Queenie entschließt sich trotzdem dazu, das Baby zu behalten und tauft es auf den Namen Benjamin. Entgegen aller Prognosen stirbt Benjamin nicht, sondern entwickelt sich von einem kraftlosen und taubblinden Tattergreis zu einem etwas wackelig auf den Beinen stehenden Senior (Brad Pitt). Zunächst fallen diese Verbesserungen nicht auf, da von langfristig heranrückender Jugend nicht mal ansatzweise etwas zu ahnen ist. Doch die Enkelin einer Heimbewohnerin, die kleine Daisy (Elle Fanning) merkt schnell, dass in der Hülle des alten Greises jemand steckt, der zu den gleichen Späßen und Spielereien aufgelegt ist wie andere Kinder, da Benjamin sich geistig nach vorne entwickelt, während sein Körper den umgekehrten Weg geht. So entwickelt sich zwischen den beiden eine innige Freundschaft. Im Laufe der Zeit wird aus Daisy eine wunderhübsche junge Frau, während Benjamin allmählich zum rüstigen Senior wird.

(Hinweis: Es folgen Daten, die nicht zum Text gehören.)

// What a shelf keeps of its slots, and the global flags beside it.
#![tactic(auto)]

pub mod memory;
pub mod rows;
pub mod slot;
pub mod triples;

Da im Altersheim kein Platz mehr für Benjamin ist, zumal Queenie und Tizzy nun eine eigene Tochter in die Welt gesetzt haben, sucht sich Benjamin einen Job und heuert auf dem Schlepper von Captain Mike (Jared Harris) an. Dieser Job führt ihn während des mittlerweile ausgebrochenen 2. Weltkriegs nach Russland, denn schließlich müssen die beschädigten Schiffe der Alliierten geborgen werden. Dort lernt der äußerlich inzwischen 60-jährige Benjamin die Diplomatengattin Elizabeth Abbott (Tilda Swinton) kennen und zwischen entsteht eine Liebesaffäre. In ihrem früheren Leben war sie eine begeisterte Schwimmerin und wäre beinah die erste Frau gewesen, die den Ärmelkanal durchschwommen hat. Ihr Vorhaben scheiterte dann aber kurz vor Erreichen des Ziels an widrigen Wetterbedingungen und hat danach das Schwimmen ganz aufgegeben. Doch Benjamins und Elizabeths Wege trennen sich alsbald wieder.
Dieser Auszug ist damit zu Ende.